__Activity__. Please copy every line of the material exactly.

__Data supplied__.
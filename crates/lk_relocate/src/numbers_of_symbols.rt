//! The numbers that the symbols of an object give to its relocations, by symbol table index (gABI "Symbol Table";
//! psABI x86-64 "Relocation Types"): those of a symbol are found once, on its first use, however many relocations go
//! through it.

ghost use Rattle.std.specs.Prelude.{◌≡◌, ℕ, ◌==◌, cond, Some, OnOk};
ghost use Rattle.lk_model.specs.References.{number_of_name};
ghost use Rattle.lk_symtab.specs.NameRows.{all_symbols};
ghost use Rattle.lk_symtab.specs.NamesOfSymbols.{name_of_symbol};
ghost use Rattle.lk_relocate.specs.NumbersOfSymbols.{AreNumbersOf, AreNumbersAt, symbol_numbers_at};

use lk_marks::make_room;
use lk_obj_read::{Object, RelaList};
use lk_report::{Name, NoMemory};
use lk_symbol_values::{SymbolNumbers, Values};

/// The numbers of symbols, by symbol table index, as far as they were asked for.
pub(crate) type NumbersOfSymbols = Vec<Option<SymbolNumbers>>;

/// The noted numbers of a symbol.
pub(crate) fn symbol_numbers_at(
    numbers_by_symbol: &NumbersOfSymbols,
    symbol: u32,
) -> Option<SymbolNumbers>
    ensures { result ≡ symbol_numbers_at numbers_by_symbol.now.items symbol }
{
    numbers_by_symbol
        .get(symbol as usize)
        .copied()
        .unwrap_or(None)
}

/// Notes the numbers of a symbol.
fn note_numbers(
    numbers_by_symbol: &mut NumbersOfSymbols,
    symbol: u32,
    symbol_numbers: SymbolNumbers,
) -> Result<(), NoMemory>
    ensures { OnOk result ((k : ℕ) → symbol_numbers_at numbers_by_symbol.new.items k ≡ cond (k == symbol) (Some symbol_numbers) (symbol_numbers_at numbers_by_symbol.old.items k)) }
{
    make_room(numbers_by_symbol, symbol, None)?;
    numbers_by_symbol[symbol as usize] = Some(symbol_numbers);
    Ok(())
}

/// The number of a name in the symbol table of the link.
fn name_number(values: &Values<'_>, name: &Name) -> u32
    ensures { result ≡ number_of_name (all_symbols values.now.resolution.rows) name.now }
{
    values.resolution().names().number_of(name)
}

/// The number of the name of a symbol of an input that was added, by the symbol's number.
fn added_name(values: &Values<'_>, input: u32, symbol: u32) -> Option<u32>
    ensures { result ≡ name_of_symbol (all_symbols values.now.resolution.rows) input symbol }
{
    values.resolution().names().name_of_symbol(input, symbol)
}

/// The numbers of a symbol of the object of an input: the name of a symbol that was added is found by the symbol's
/// number.
pub(crate) fn find_numbers(
    values: &Values<'_>,
    object: &Object,
    input: u32,
    symbol: u32,
) -> SymbolNumbers
    ensures { AreNumbersAt values.now input object.now symbol result }
{
    match added_name(values, input, symbol) {
        Some(name) => values.name_numbers(name),
        None => unadded_numbers(values, object, input, symbol),
    }
}

/// The numbers of a symbol that was not added: a LOCAL symbol is read from the object, and the name of one in an input
/// that is not added is looked up by its text.
fn unadded_numbers(values: &Values<'_>, object: &Object, input: u32, symbol: u32) -> SymbolNumbers
    ensures { AreNumbersAt values.now input object.now symbol result }
{
    match values.global(input, symbol) {
        Some(global) => {
            let name = name_number(values, &global.name);
            values.name_numbers(name)
        }
        None => {
            let local = object.local(symbol);
            values.local_numbers(input, symbol, &local)
        }
    }
}

/// Notes the numbers of a symbol, unless they are noted already.
fn learn_symbol(
    numbers_by_symbol: &mut NumbersOfSymbols,
    values: &Values<'_>,
    object: &Object,
    input: u32,
    symbol: u32,
) -> Result<(), NoMemory>
    requires { AreNumbersOf values.now input object.now numbers_by_symbol.old.items }
    ensures { OnOk result (AreNumbersOf values.now input object.now numbers_by_symbol.new.items) }
{
    if symbol_numbers_at(numbers_by_symbol, symbol).is_some() {
        return Ok(());
    }
    let symbol_numbers = find_numbers(values, object, input, symbol);
    note_numbers(numbers_by_symbol, symbol, symbol_numbers)?;
    Ok(())
}

/// Notes the numbers of the symbols of these relocations.
pub(crate) fn learn_symbols(
    numbers_by_symbol: &mut NumbersOfSymbols,
    values: &Values<'_>,
    object: &Object,
    input: u32,
    relas: &RelaList,
) -> Result<(), NoMemory>
    requires { AreNumbersOf values.now input object.now numbers_by_symbol.old.items }
    ensures { OnOk result (AreNumbersOf values.now input object.now numbers_by_symbol.new.items) }
{
    for k in 0..relas.len() {
        let rela = relas.at(k);
        learn_symbol(numbers_by_symbol, values, object, input, rela.r_symbol())?;
    }
    Ok(())
}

__The completed task__.
filename crates/lk_relocate/src/numbers_of_symbols.rt
//! The numbers that the symbols of an object give to its relocations, by symbol table index (gABI "Symbol Table";
//! psABI x86-64 "Relocation Types"): those of a symbol are found once, on its first use, however many relocations go
//! through it.

ghost use Rattle.std.specs.Prelude.{◌≡◌, ℕ, ◌==◌, cond, Some, OnOk};
ghost use Rattle.lk_model.specs.References.{number_of_name};
ghost use Rattle.lk_symtab.specs.NameRows.{all_symbols};
ghost use Rattle.lk_symtab.specs.NamesOfSymbols.{name_of_symbol};
ghost use Rattle.lk_relocate.specs.NumbersOfSymbols.{AreNumbersOf, AreNumbersAt, symbol_numbers_at};

use lk_marks::make_room;
use lk_obj_read::{Object, RelaList};
use lk_report::{Name, NoMemory};
use lk_symbol_values::{SymbolNumbers, Values};

/// The numbers of symbols, by symbol table index, as far as they were asked for.
pub(crate) type NumbersOfSymbols = Vec<Option<SymbolNumbers>>;

/// The noted numbers of a symbol.
pub(crate) fn symbol_numbers_at(
    numbers_by_symbol: &NumbersOfSymbols,
    symbol: u32,
) -> Option<SymbolNumbers>
    ensures { result ≡ symbol_numbers_at numbers_by_symbol.now.items symbol }
{
    numbers_by_symbol
        .get(symbol as usize)
        .copied()
        .unwrap_or(None)
}

/// Notes the numbers of a symbol.
fn note_numbers(
    numbers_by_symbol: &mut NumbersOfSymbols,
    symbol: u32,
    symbol_numbers: SymbolNumbers,
) -> Result<(), NoMemory>
    ensures { OnOk result ((k : ℕ) → symbol_numbers_at numbers_by_symbol.new.items k ≡ cond (k == symbol) (Some symbol_numbers) (symbol_numbers_at numbers_by_symbol.old.items k)) }
{
    make_room(numbers_by_symbol, symbol, None)?;
    numbers_by_symbol[symbol as usize] = Some(symbol_numbers);
    Ok(())
}

/// The number of a name in the symbol table of the link.
fn name_number(values: &Values<'_>, name: &Name) -> u32
    ensures { result ≡ number_of_name (all_symbols values.now.resolution.rows) name.now }
{
    values.resolution().names().number_of(name)
}

/// The number of the name of a symbol of an input that was added, by the symbol's number.
fn added_name(values: &Values<'_>, input: u32, symbol: u32) -> Option<u32>
    ensures { result ≡ name_of_symbol (all_symbols values.now.resolution.rows) input symbol }
{
    values.resolution().names().name_of_symbol(input, symbol)
}

/// The numbers of a symbol of the object of an input: the name of a symbol that was added is found by the symbol's
/// number.
pub(crate) fn find_numbers(
    values: &Values<'_>,
    object: &Object,
    input: u32,
    symbol: u32,
) -> SymbolNumbers
    ensures { AreNumbersAt values.now input object.now symbol result }
{
    match added_name(values, input, symbol) {
        Some(name) => values.name_numbers(name),
        None => unadded_numbers(values, object, input, symbol),
    }
}

/// The numbers of a symbol that was not added: a LOCAL symbol is read from the object, and the name of one in an input
/// that is not added is looked up by its text.
fn unadded_numbers(values: &Values<'_>, object: &Object, input: u32, symbol: u32) -> SymbolNumbers
    ensures { AreNumbersAt values.now input object.now symbol result }
{
    match values.global(input, symbol) {
        Some(global) => {
            let name = name_number(values, &global.name);
            values.name_numbers(name)
        }
        None => {
            let local = object.local(symbol);
            values.local_numbers(input, symbol, &local)
        }
    }
}

/// Notes the numbers of a symbol, unless they are noted already.
fn learn_symbol(
    numbers_by_symbol: &mut NumbersOfSymbols,
    values: &Values<'_>,
    object: &Object,
    input: u32,
    symbol: u32,
) -> Result<(), NoMemory>
    requires { AreNumbersOf values.now input object.now numbers_by_symbol.old.items }
    ensures { OnOk result (AreNumbersOf values.now input object.now numbers_by_symbol.new.items) }
{
    if symbol_numbers_at(numbers_by_symbol, symbol).is_some() {
        return Ok(());
    }
    let symbol_numbers = find_numbers(values, object, input, symbol);
    note_numbers(numbers_by_symbol, symbol, symbol_numbers)?;
    Ok(())
}

/// Notes the numbers of the symbols of these relocations.
pub(crate) fn learn_symbols(
    numbers_by_symbol: &mut NumbersOfSymbols,
    values: &Values<'_>,
    object: &Object,
    input: u32,
    relas: &RelaList,
) -> Result<(), NoMemory>
    requires { AreNumbersOf values.now input object.now numbers_by_symbol.old.items }
    ensures { OnOk result (AreNumbersOf values.now input object.now numbers_by_symbol.new.items) }
{
    for k in 0..relas.len() {
        let rela = relas.at(k);
        learn_symbol(numbers_by_symbol, values, object, input, rela.r_symbol())?;
    }
    Ok(())
}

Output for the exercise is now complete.